Trouble in shoppers’ paradise
HONG KONG—From bargain fakes and cheap technology to high-end designer wear, Hong Kong is a shopper’s paradise—but retailers have taken a huge hit from weeklong mass protests that have brought the city to a standstill.
Major shopping areas have been barricaded off by protesters who have camped out for the last seven days to pressure Beijing to revoke its decision to limit who can stand in the city’s next leadership election—a move protesters have labeled a “fake democracy.”
Billboards advertising famous international brands—Louis Vuitton, Miu Miu, Burberry—now compete with protest banners demanding full democracy for Hong Kong in some of the city’s busiest shopping areas.
Many of the stores overlooking the protest sites have closed, while others have remained open but largely empty.
“The retail sector is one of the four pillars of the Hong Kong economy,” said Francis Lun, a financial analyst—the others being finance, transport and shipping, and real estate.
“The government growth rate [for the year] is already low at 2 percent… so these major disruptions happening in Hong Kong are strongly felt,” Lun added.
Hong Kong’s economy has weakened as China’s economy has slowed and the mainland’s anticorruption drive has also dampened luxury spending.
Gross domestic product slowed to a mere 1.8 percent in the second quarter of this year, down from 2.6-percent growth in the previous three months.

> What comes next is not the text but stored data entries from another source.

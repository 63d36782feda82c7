//! The values of what is written.

ghost use Rattle.std.specs.Prelude.{◌≡◌, ℕ, [], ◌∷◌, ◌++◌, List, map, Ok, IfSome};
ghost use Rattle.ufl_syntax.specs.Spans.{word_at};
ghost use Rattle.ufl_values.specs.declared.value.Value.{Value as AnyValue};
ghost use Rattle.ufl_calls.specs.declared.made.Made.{Made as AllMade};
ghost use Rattle.ufl_calls.specs.declared.arguments.Given.{Given as AnyGiven};
ghost use Rattle.ufl_calls.specs.Groups.{IsGroup};
ghost use Rattle.ufl_calls.specs.Calls.{Finds, Refusable};
ghost use Rattle.ufl_elab.specs.declared.head.Head.{Head as AnyHead};
ghost use Rattle.ufl_elab.specs.Evaluation.{step, closed, worth, whole, name_of, number_of, signed_by, operated, indexed_by, attribute, applied, collected, values_from, chain_of, given_with, arguments_of, no_arguments, posts_of, eval_of, next_of, post_of, arg_of};
ghost use Rattle.ufl_elab.specs.Literals.{literal};
ghost use Rattle.ufl_elab.specs.Names.{value_in};
ghost use Rattle.ufl_elab.specs.Statements.{value_of};
ghost use Rattle.ufl_elab.specs.Answers.{file_in, names_in, place_in, Gathers};

use crate::head::Head;
use crate::names::Names;
use crate::shared::Shared;
use ratio::Ratio;
use sqlite_items::Items;
use std::alloc::Global;
use ufl_calls::{Given, Group, Made, along, called, text_value, transposed};
use ufl_expr::MOST_NODES;
use ufl_read::FormRefusal;
use ufl_syntax::{Arg, Next, Post, Span, Syn};
use ufl_values::{
    Reason, Sign, Value, binary, indexed, is_spelled, keyword_named, minus, placed, plus, refused,
    sign_of,
};

// ---- steps, each over what its operand came to: what is let go is let go here

/// The value of a chain that ends here; a `.dx` without its call is `Kind`.
fn closed(alloc: Global, line: u32, head: Head) -> Result<Value, FormRefusal>
    ensures { (m : AllMade) → Finds result m (closed line head m) }
{
    match head {
        Head::Whole(value) => Ok(value),
        Head::Named(shared, _) => Ok(shared.into_value(alloc)?),
        Head::Along(_, word) => Err(refused(Reason::Kind, line, word)),
    }
}

/// The value of what came to this.
fn worth(alloc: Global, line: u32, head: Result<Head, FormRefusal>) -> Result<Value, FormRefusal>
    ensures { (want : Refusable AnyHead) (m : AllMade) → Finds head m want → Finds result m (worth line want) }
{
    closed(alloc, line, head?)
}

/// A value that stands for itself.
fn whole(value: Result<Value, FormRefusal>) -> Result<Head, FormRefusal>
    ensures { (want : Refusable AnyValue) (m : AllMade) → Finds value m want → Finds result m (whole want) }
{
    Ok(Head::Whole(value?))
}

/// The value of a name.
fn name(alloc: Global, line: u32, names: &Names<'_>, word: Span) -> Result<Head, FormRefusal>
    ensures { (m : AllMade) → Finds result m
        (name_of (place_in names.now line) word (value_in (names_in names.now) (word_at (file_in names.now) word)) m) }
{
    match names.value(alloc, names.text(word)) {
        Ok(value) => Ok(Head::Named(value, word)),
        Err(reason) => Err(refused(reason, line, word)),
    }
}

/// The number that a literal stands for.
fn literal(text: &[u8]) -> Option<Ratio>
    ensures { result ≡ literal text.now }
{
    Ratio::read_decimal(text)
}

/// A literal.
fn number(line: u32, names: &Names<'_>, word: Span) -> Result<Head, FormRefusal>
    ensures { (m : AllMade) → Finds result m
        (number_of (place_in names.now line) word (literal (word_at (file_in names.now) word)) m) }
{
    match literal(names.text(word)) {
        Some(c) => Ok(Head::Whole(Value::Number(c))),
        None => Err(refused(Reason::NumberRange, line, word)),
    }
}

/// A sign before an operand.
fn signed(
    alloc: Global,
    line: u32,
    names: &Names<'_>,
    word: Span,
    operand: Result<Head, FormRefusal>,
) -> Result<Head, FormRefusal>
    ensures { (want : Refusable AnyHead) (m : AllMade) → Finds operand m want
        → Finds result m (signed_by (place_in names.now line) word want) }
{
    let value = worth(alloc, line, operand)?;
    let answer = match sign_of(names.text(word)) {
        Sign::Plus => plus(value),
        _ => minus(alloc, value),
    };
    Ok(Head::Whole(placed(answer, line, word)?))
}

/// An operator between a value and what stands to the right.
fn operated(
    alloc: Global,
    line: u32,
    names: &Names<'_>,
    op: Span,
    left: Value,
    right: Result<Head, FormRefusal>,
) -> Result<Value, FormRefusal>
    ensures { (want : Refusable AnyHead) (m : AllMade) → Finds right m want
        → Finds result m (operated (place_in names.now line) op left want) }
{
    let right = worth(alloc, line, right)?;
    placed(
        binary(alloc, sign_of(names.text(op)), left, right),
        line,
        op,
    )
}

/// An index of a value.
fn indexed_by(
    alloc: Global,
    line: u32,
    names: &Names<'_>,
    bracket: Span,
    base: Value,
    at: Result<Head, FormRefusal>,
) -> Result<Head, FormRefusal>
    ensures { (want : Refusable AnyHead) (m : AllMade) → Finds at m want
        → Finds result m (indexed_by (place_in names.now line) bracket base want) }
{
    let at = worth(alloc, line, at)?;
    Ok(Head::Whole(placed(indexed(alloc, base, at), line, bracket)?))
}

/// An attribute of a value.
fn attribute(
    alloc: Global,
    line: u32,
    names: &Names<'_>,
    word: Span,
    value: Value,
) -> Result<Head, FormRefusal>
    ensures { (m : AllMade) → Finds result m (attribute (place_in names.now line) word value m) }
{
    let text = names.text(word);
    if is_spelled(text, b"T") {
        return Ok(Head::Whole(placed(transposed(alloc, value), line, word)?));
    }
    if is_spelled(text, b"dx") {
        return Ok(Head::Along(value, word));
    }
    Err(refused(Reason::Unsupported, line, word))
}

/// A call of what a chain has come to. Its word is its bracket, or the name where a bare name is called.
fn applied(
    alloc: Global,
    line: u32,
    made: &mut Made,
    head: Head,
    bracket: Span,
    given: Given,
) -> Result<Value, FormRefusal>
    ensures { Finds result made.new (applied line head bracket given made.old) }
{
    match head {
        Head::Whole(callee) => called(alloc, line, made, callee, bracket, given),
        Head::Named(callee, name) => {
            let callee = callee.into_value(alloc)?;
            called(alloc, line, made, callee, name, given)
        }
        Head::Along(operand, word) => along(alloc, line, operand, word, given),
    }
}

/// A call with these arguments.
fn call(
    alloc: Global,
    line: u32,
    made: &mut Made,
    head: Head,
    bracket: Span,
    given: Result<Given, FormRefusal>,
) -> Result<Head, FormRefusal>
    ensures { (want : Refusable AnyGiven) → Finds given made.old want
        → Finds result made.new (step want (λ g n. whole (applied line head bracket g n))) }
{
    whole(applied(alloc, line, made, head, bracket, given?))
}

/// The group with one more item for which it has no room: the item counts, and isn't copied.
fn overfull(alloc: Global, group: &Group, item: &Shared) -> Option<Group>
    ensures { (vs : List AnyValue) → IsGroup vs group.now → IfSome result (IsGroup (vs ++ item.now ∷ [])) }
{
    let nodes = group.nodes.saturating_add(item.nodes());
    if nodes < MOST_NODES {
        return None;
    }
    Some(Group {
        alloc,
        items: Items::new(alloc),
        nodes,
        height: group.height.max(item.height()),
    })
}

/// The group with a name's value behind its items, where it has no room for that.
fn counted(alloc: Global, group: &Group, item: &Result<Head, FormRefusal>) -> Option<Group>
    ensures { (want : Refusable AnyHead) (m : AllMade) (line : ℕ) (vs : List AnyValue) → IsGroup vs group.now
        → Finds item.now m want → IfSome result (λ all. Gathers (Ok all) m vs (worth line want)) }
{
    match item {
        Ok(Head::Named(shared, _)) => overfull(alloc, group, shared),
        Ok(Head::Whole(_)) | Ok(Head::Along(_, _)) | Err(_) => None,
    }
}

/// One more item of a tuple or a list.
fn gathered(
    alloc: Global,
    line: u32,
    group: Group,
    item: Result<Head, FormRefusal>,
) -> Result<Group, FormRefusal>
    ensures { (want : Refusable AnyHead) (m : AllMade) (vs : List AnyValue) → IsGroup vs group
        → Finds item m want → Gathers result m vs (worth line want) }
{
    if let Some(all) = counted(alloc, &group, &item) {
        return Ok(all);
    }
    let value = worth(alloc, line, item)?;
    let mut all = group;
    all.push(value)?;
    Ok(all)
}

/// All items of a tuple or a list, whose first comma or bracket this is.
fn collected(line: u32, word: Span, group: Group) -> Result<Items<Value>, FormRefusal>
    ensures { (vs : List AnyValue) (m : AllMade) → IsGroup vs group
        → Finds result m (collected line word (Ok (vs, m))) }
{
    placed(group.finish(), line, word)
}

/// One more argument.
fn given_with(
    alloc: Global,
    line: u32,
    names: &Names<'_>,
    given: Given,
    keyword: Option<Span>,
    value: Result<Head, FormRefusal>,
) -> Result<Given, FormRefusal>
    ensures { (want : Refusable AnyHead) (m : AllMade) → Finds value m want
        → Finds result m (given_with (place_in names.now line) given keyword want) }
{
    let value = worth(alloc, line, value)?;
    let mut all = given;
    match keyword {
        Some(word) => all.push_keyed(word, keyword_named(names.text(word)), value)?,
        None => all.push(value)?,
    }
    Ok(all)
}

// ---- what is written

/// What is written, as far as its chain has come.
#[tactic(auto, using(crate::proofs::Readings::readings))]
#[cycle(evaluation)]
fn evaluate(
    alloc: Global,
    line: u32,
    names: &Names<'_>,
    made: &mut Made,
    written: &Syn,
) -> Result<Head, FormRefusal>
    ensures { Finds result made.new (eval_of (place_in names.now line) written.now made.old) }
{
    match written {
        Syn::Name(word) => name(alloc, line, names, *word),
        Syn::Number(word) => number(line, names, *word),
        Syn::Text(word) => Ok(Head::Whole(text_value(names.text(*word)))),
        Syn::Tuple(comma, items) => {
            let values = values(alloc, line, names, made, *comma, items.as_slice())?;
            Ok(Head::Whole(Value::Tuple(values)))
        }
        Syn::List(bracket, items) => {
            let values = values(alloc, line, names, made, *bracket, items.as_slice())?;
            Ok(Head::Whole(Value::List(values)))
        }
        Syn::Sign(sign, operand) => {
            let operand = evaluate(alloc, line, names, made, operand.get());
            signed(alloc, line, names, *sign, operand)
        }
        Syn::Binary(first, rest) => {
            let first = evaluate(alloc, line, names, made, first.get())?;
            whole(chain(alloc, line, names, made, first, rest.as_slice()))
        }
        Syn::Postfix(first, rest) => {
            let start = evaluate(alloc, line, names, made, first.get())?;
            posts(alloc, line, names, made, start, rest.as_slice())
        }
    }
}

/// The values of the items of a tuple or a list, in order.
#[cycle(evaluation)]
fn values(
    alloc: Global,
    line: u32,
    names: &Names<'_>,
    made: &mut Made,
    word: Span,
    written: &[Syn],
) -> Result<Items<Value>, FormRefusal>
    ensures { Finds result made.new (collected line word
        (values_from line [] (map (eval_of (place_in names.now line)) written.now) made.old)) }
{
    let mut all = Group::new(alloc);
    for item in written {
        let value = evaluate(alloc, line, names, made, item);
        all = gathered(alloc, line, all, value)?;
    }
    collected(line, word, all)
}

/// The value of operators of one level, from left to right.
#[cycle(evaluation)]
fn chain(
    alloc: Global,
    line: u32,
    names: &Names<'_>,
    made: &mut Made,
    first: Head,
    rest: &[Next],
) -> Result<Value, FormRefusal>
    ensures { Finds result made.new (step (closed line first made.old)
        (chain_of (place_in names.now line) (map (next_of (place_in names.now line)) rest.now))) }
{
    let start = closed(alloc, line, first)?;
    let mut all = start;
    for next in rest {
        let right = operand(alloc, line, names, made, next);
        all = operated(alloc, line, names, next.op, all, right)?;
    }
    Ok(all)
}

/// What calls, indices and attributes make of a value, from left to right.
#[cycle(evaluation)]
fn posts(
    alloc: Global,
    line: u32,
    names: &Names<'_>,
    made: &mut Made,
    start: Head,
    rest: &[Post],
) -> Result<Head, FormRefusal>
    ensures { Finds result made.new
        (posts_of (map (post_of (place_in names.now line)) rest.now) start made.old) }
{
    let mut all = start;
    for post in rest {
        all = step(alloc, line, names, made, all, post)?;
    }
    Ok(all)
}

/// What one call, index or attribute makes of a value.
#[tactic(auto, using(crate::proofs::Readings::readings))]
#[cycle(evaluation)]
fn step(
    alloc: Global,
    line: u32,
    names: &Names<'_>,
    made: &mut Made,
    start: Head,
    post: &Post,
) -> Result<Head, FormRefusal>
    ensures { Finds result made.new (post_of (place_in names.now line) post.now start made.old) }
{
    match post {
        Post::Call(bracket, written) => {
            let given = arguments(alloc, line, names, made, written.as_slice());
            call(alloc, line, made, start, *bracket, given)
        }
        Post::Index(bracket, written) => {
            let base = closed(alloc, line, start)?;
            let at = evaluate(alloc, line, names, made, written.get());
            indexed_by(alloc, line, names, *bracket, base, at)
        }
        Post::Attr(word) => attribute(alloc, line, names, *word, closed(alloc, line, start)?),
    }
}

/// The values of arguments, in order.
#[cycle(evaluation)]
fn arguments(
    alloc: Global,
    line: u32,
    names: &Names<'_>,
    made: &mut Made,
    written: &[Arg],
) -> Result<Given, FormRefusal>
    ensures { Finds result made.new
        (arguments_of (place_in names.now line) (map (arg_of (place_in names.now line)) written.now)
        no_arguments made.old) }
{
    let mut given = Given::new(alloc);
    for argument in written {
        let value = argument_value(alloc, line, names, made, argument);
        given = given_with(alloc, line, names, given, argument.name, value)?;
    }
    Ok(given)
}

/// What stands to the right of an operator.
#[tactic(auto, using(crate::proofs::Readings::readings))]
#[cycle(evaluation)]
fn operand(
    alloc: Global,
    line: u32,
    names: &Names<'_>,
    made: &mut Made,
    next: &Next,
) -> Result<Head, FormRefusal>
    ensures { Finds result made.new ((next_of (place_in names.now line) next.now).right made.old) }
{
    evaluate(alloc, line, names, made, &next.right)
}

/// What an argument is.
#[tactic(auto, using(crate::proofs::Readings::readings))]
#[cycle(evaluation)]
fn argument_value(
    alloc: Global,
    line: u32,
    names: &Names<'_>,
    made: &mut Made,
    argument: &Arg,
) -> Result<Head, FormRefusal>
    ensures { Finds result made.new ((arg_of (place_in names.now line) argument.now).value made.old) }
{
    evaluate(alloc, line, names, made, &argument.value)
}

/// The value of what is written in a statement that begins on this line. The value of a bare name is shared with it.
pub fn value(
    alloc: Global,
    line: u32,
    names: &Names<'_>,
    made: &mut Made,
    written: &Syn,
) -> Result<Shared, FormRefusal>
    ensures { Finds result made.new (value_of (place_in names.now line) written.now made.old) }
{
    match evaluate(alloc, line, names, made, written)? {
        Head::Named(shared, _) => Ok(shared),
        head => Ok(Shared::new(alloc, closed(alloc, line, head)?)?),
    }
}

A contraction in the third quarter would push the city’s economy into recession.
For the first eight months of this year, total retail sales decreased by 1.0 percent in value over the same period in 2013, official data show.
According to figures collected by the Hong Kong Retail Management Association, a trade group, if weak retail sales persist, it could lead to the industry’s first full-year contraction since 2003.
Finance Secretary John Tsang warned on Friday that the protests threatened to damage Hong Kong’s reputation as one of the world’s premier financial hubs.
“Particularly, our concern is about our reputational risk as well as the confidence in the market system in Hong Kong,” he said.
Shop workers told Agence France-Presse (AFP) of a major drop-off in business as both locals and tourists stay away.
“I’ve seen a 70-percent drop in profit every day this week,” said Chicken Chan, 30, manager of a dispensary in the commercial district of Mong Kok, one of the major protest sites which saw violent attacks by opposition groups on Friday.
“I feel a little conflicted because I support Occupy Central and the students but I’m losing money,” added Chan, whose shop sells Western medicine, dried seafood and milk powder. “Ninety-nine percent of our income is from mainland tourists.”
Hong Kong’s retail sector is heavily reliant on mainland Chinese visitors, who contributed about a third of the city’s retail sales in 2013, according to Credit Suisse.
The protests have coincided with the Golden Week national holiday that brings large numbers of mainland shoppers to the city, with October being the second-biggest retail period after December.
“It really affected business. There have only been two to three customers today,” said Merry Djong, who works at the Mong Kok branch of jewelry and accessories shop Folli Follie that looks over one of the protest sites.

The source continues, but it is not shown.